FedDUAL: A Dual-Strategy with Adaptive Loss and Dynamic Aggregation for Mitigating Data Heterogeneity in Federated Learning
Pranab Sahoo, Ashutosh Tripathi, Sriparna Saha, Samrat Mondal
TL;DR
FedDUAL addresses data heterogeneity in federated learning by pairing an adaptive, KL-regularized client-side loss with a distribution-aware server-side aggregation using a Wasserstein barycenter for the last layers. The adaptive loss balances local optimization with global coherence via a dynamically tuned parameter $eta$, while the server aggregates final-layer updates through a Sinkhorn-approximated Wasserstein barycenter to align diverse client learning behaviors. The approach yields faster convergence, higher accuracy, and flatter loss landscapes across CIFAR-10/100 and FMNIST under severe non-IID conditions, with theoretical convergence guarantees.
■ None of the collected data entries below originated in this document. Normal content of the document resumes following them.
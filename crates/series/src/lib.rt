// The block series of a record: which slots it reserves, and its last one.
#![tactic(auto)]

ghost use Rattle.std.specs.Prelude.{◌≡◌, ◌+◌, ◌-◌, ◌*◌, ◌/◌, ◌<◌, ◌≤◌, if◌then◌else◌, nat_eq, nat_lt};
ghost use Rattle.octets.specs.Complement.{lifted};
ghost use Rattle.series.specs.Series.{in_series, further_from, reserves, last_slot};
ghost use Rattle.series.specs.Candidate.{last_started, ahead_of};
ghost use Rattle.series.specs.Steps.{less_step};
ghost use Rattle.series.specs.Claims.{Claims};

use record::Rec;

// How far a is ahead of b. Where it is behind, the processor's subtraction gives a number above all others here.
pub fn ahead_of(a: u64, b: u64) -> u64
    ensures { result ≡ ahead_of a b }
{
    a.wrapping_sub(b)
}

// A product of an octet and a number of 32 bits, which 64 bits hold.
fn times(n: u8, m: u32) -> u64
    ensures { (result ≡ n * m) × (result ≤ 1095216660225) }
{
    u64::from(n) * u64::from(m)
}

// How far x is past the last of the starts 0, step, 2*step .. most*step that is not past it.
fn since_last(most: u64, step: u64, x: u64) -> u64
    ensures { result ≡ x - last_started most step x * step }
{
    let last = most.min(x.checked_div(step).unwrap_or(0));
    x - last * step
}

// Whether a series of a record's blocks, from a slot on in so many superframes, has a slot: the last block that has started by it, in the last
// superframe that has, tells. An earlier block ends no later, since all have one length.
fn in_series(r: Rec, m: u64, from: u64, superframes: u64, slot: u64) -> bool
    ensures { result ≡ in_series m r from superframes slot }
{
    let rate = u64::from(r.rate);
    if (0 < superframes) & (0 < rate) & (from <= slot) {
        let into_superframe = since_last(superframes - 1, m, slot - from);
        let into_block = since_last(rate - 1, m / rate, into_superframe);
        return into_block < u64::from(r.length);
    }
    false
}

// Where the further series begins, and 128.
pub fn further_from(r: Rec, m1: u32) -> u64
    ensures { (result ≡ further_from m1 r) × (result ≤ 1099511627775) }
{
    u64::from(r.first) + times(r.superframes, m1) + u64::from(octets::lifted(r.bo))
}

// Whether a record reserves a slot, whatever its blocks are: one series is asked after the other.
fn reserves_any(r: Rec, m1: u32, slot: u32) -> bool
    ensures { result ≡ reserves m1 r slot }
{
    let m = u64::from(m1);
    let s = u64::from(slot);
    if in_series(r, m, u64::from(r.first), u64::from(r.superframes), s) {
        return true;
    }
    if r.bo == 0 {
        return false;
    }
    in_series(r, m, further_from(r, m1), 1, s + 128)
}

// ---- a record whose blocks lie apart, so that no superframe has a slot behind its M1

// x less a superframe, where it is not before its end.
fn less_superframe(m1: u64, x: u64) -> u64
    ensures { result ≡ less_step m1 x }
{
    x.min(ahead_of(x, m1))
}

// Such a record, of three superframes at most, with how far apart its blocks start.
#[derive(Clone, Copy)]
struct Spaced {
    r: Rec,
    m1: u32,
    spacing: u32,
    ghost has_blocks: { 0 < r.rate },
    ghost by_rate: { spacing ≡ m1 / r.rate },
    ghost blocks_apart: { r.length < spacing },
    ghost few_superframes: { r.superframes ≤ 3 },
}

impl Spaced {
    // Whether a slot so far into a superframe is in one of its blocks. Where there is but one, nothing is divided.
    fn in_block(self, x: u32) -> bool
        ensures { result ≡ nat_lt (x - last_started (self.r.rate - 1) self.spacing x * self.spacing) self.r.length }
    {
        let rate = u32::from(self.r.rate);
        let length = u32::from(self.r.length);
        if rate == 1 {
            return x < length;
        }
        (x < rate * self.spacing) & (x % self.spacing < length)
    }

    // Whether it reserves a slot that only one of its series can have: one division tells of both. There is no branch by which of the two it is,
    // as no processor can guess that.
    fn reserves(self, slot: u32, into_further: u64) -> bool
        requires ahead_of_further { into_further ≡ ahead_of (slot + 128) (further_from self.m1 self.r) }
        requires one_series { 128 - lifted self.r.bo ≤ into_further }
        ensures { result ≡ reserves self.m1 self.r slot }
    {
        let r = self.r;
        let m = u64::from(self.m1);
        let since = ahead_of(u64::from(slot), u64::from(r.first));
        let own = since < times(r.superframes, self.m1);
        let further = (r.bo != 0) & (into_further < m);
        let into_own = less_superframe(m, less_superframe(m, since));
        // What has more than 32 bits is in neither, so `as` loses nothing.
        let into = std::hint::select_unpredictable(own, into_own, into_further) % 4294967296;
        (own | further) & self.in_block(into as u32)
    }
}

// Whether a record reserves a slot.
pub fn reserves(r: Rec, m1: u32, slot: u32) -> bool
    ensures { result ≡ reserves m1 r slot }
{
    let rate = u32::from(r.rate);
    if rate < 1 {
        return false;
    }
    let spacing = m1 / rate;
    let into_further = ahead_of(u64::from(slot) + 128, further_from(r, m1));
    // Both series can have a slot only from where the further one begins up to where the superframes from first on are over: bo is below 0 there.
    let apart = (u32::from(r.length) < spacing) & (r.superframes <= 3);
    if apart & (128u64.saturating_sub(u64::from(octets::lifted(r.bo))) <= into_further) {
        let record = Spaced { r, m1, spacing };
        return record.reserves(slot, into_further);
    }
    reserves_any(r, m1, slot)
}

// How much later the further series ends than the first, by how much later it begins than the first one's last superframe, and 128: 0 where there
// is none, or it ends no later. Both tests are one: apart, the compiler makes a branch of bo's, which no processor can guess.
pub fn later_by(bo: u8, next: u64) -> u64
    ensures { (result ≡ (if nat_eq bo 0 then 0 else next - 128)) × (result ≤ next) }
{
    if (bo == 0) | (next < 128) {
        return 0;
    }
    next - 128
}

// The slots from the start of a superframe's first block to that of its last.
fn to_last_block(r: Rec, m1: u32) -> u64
    ensures value { result ≡ (r.rate - 1) * (m1 / r.rate) }
    ensures bound { result ≤ m1 }
{
    let rate = u64::from(r.rate);
    if rate == 0 {
        return 0;
    }
    (rate - 1) * (u64::from(m1) / rate)
}

// The last slot that a record reserves: the later of its two series' ends, which have blocks alike.
pub fn last_slot(r: Rec, m1: u32) -> u64
    ensures { result ≡ last_slot m1 r }
{
    let first = u64::from(r.first);
    let lifted = u64::from(octets::lifted(r.bo));
    let run = to_last_block(r, m1) + u64::from(r.length);
    if r.superframes == 0 {
        return (first + run + later_by(r.bo, lifted)).saturating_sub(1);
    }
    let last = first + times(r.superframes - 1, m1);
    (last + run + later_by(r.bo, u64::from(m1) + lifted)).saturating_sub(1)
}

// What this crate claims over its promises.
pub fn claims()
    ensures { Claims }
{}
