//! Why octets are no secured frame, or its plain part no packet (profile).

ghost use Rattle.std.specs.Prelude.{◌≡◌};

use crate::packet::Fault;
use std::error::Error;
use std::fmt;

/// The first fault of a secured frame, in the order in which faults are checked: those of the frame,
/// and then those of the packet that its Basic Header and its plain part make.
#[derive(Clone, Copy, Debug, PartialEq, Eq)]
pub enum SecuredFault {
    /// L1: under 14 octets.
    Short,
    /// L2: the type is not 0x8947.
    EtherType,
    /// L3: over 2310 octets.
    TooLong,
    /// L5: what follows the type is no secured packet; the place is counted in that packet.
    Packet(Fault),
    /// L6: the inner octets are not a packet; the place is counted in the inner packet.
    Inner(Fault),
    /// L4: octets follow the inner packet.
    Trailing,
}

impl SecuredFault {
    /// What logs and the program's lines show, as `L1`, `L5 G3 at 0` or `L6 G10 at 8`.
    pub fn code(&self) -> SecuredCode
        ensures { result ≡ record { 0 = self.now } }
    {
        SecuredCode(*self)
    }
}

impl fmt::Display for SecuredFault {
    fn fmt<W: fmt::Write>(&self, f: &mut fmt::Formatter<W>) -> fmt::Result {
        match self {
            SecuredFault::Short => write!(f, "a frame of fewer than 14 octets"),
            SecuredFault::EtherType => write!(f, "a frame of another type than 0x8947"),
            SecuredFault::TooLong => write!(f, "a secured frame of more than 2310 octets"),
            SecuredFault::Packet(fault) => write!(f, "no secured packet in the frame: {fault}"),
            SecuredFault::Inner(fault) => write!(f, "no packet in the plain part: {fault}"),
            SecuredFault::Trailing => write!(f, "octets after the packet in the plain part"),
        }
    }
}

impl Error for SecuredFault {}

/// A secured frame's fault that prints as its code, as `L1`, `L5 G3 at 0` or `L6 G10 at 8`.
#[derive(Clone, Copy, Debug, PartialEq, Eq)]
pub struct SecuredCode(pub SecuredFault);

impl fmt::Display for SecuredCode {
    fn fmt<W: fmt::Write>(&self, f: &mut fmt::Formatter<W>) -> fmt::Result {
        match self.0 {
            SecuredFault::Short => write!(f, "L1"),
            SecuredFault::EtherType => write!(f, "L2"),
            SecuredFault::TooLong => write!(f, "L3"),
            SecuredFault::Packet(fault) => write!(f, "L5 {}", fault.code()),
            SecuredFault::Inner(fault) => write!(f, "L6 {}", fault.code()),
            SecuredFault::Trailing => write!(f, "L4"),
        }
    }
}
Practically, FedDUAL offers robust generalization in heterogeneous real-world settings, at the cost of additional server-side computation that remains tractable when applied selectively to the final layers. Overall, the dual strategy demonstrates a meaningful advance in scalable, privacy-preserving learning under label skew and other non-IID data challenges.
Abstract
Federated Learning (FL) marks a transformative approach to distributed model training by combining locally optimized models from various clients into a unified global model. While FL preserves data privacy by eliminating centralized storage, it encounters significant challenges such as performance degradation, slower convergence, and reduced robustness of the global model due to the heterogeneity in client data distributions. Among the various forms of data heterogeneity, label skew emerges as a particularly formidable and prevalent issue, especially in domains such as image classification. To address these challenges, we begin with comprehensive experiments to pinpoint the underlying issues in the FL training process. Based on our findings, we then introduce an innovative dual-strategy approach designed to effectively resolve these issues. First, we introduce an adaptive loss function for client-side training, meticulously crafted to preserve previously acquired knowledge while maintaining an optimal equilibrium between local optimization and global model coherence. Secondly, we develop a dynamic aggregation strategy for aggregating client models at the server. This approach adapts to each client's unique learning patterns, effectively addressing the challenges of diverse data across the network. Our comprehensive evaluation, conducted across three diverse real-world datasets, coupled with theoretical convergence guarantees, demonstrates the superior efficacy of our method compared to several established state-of-the-art approaches.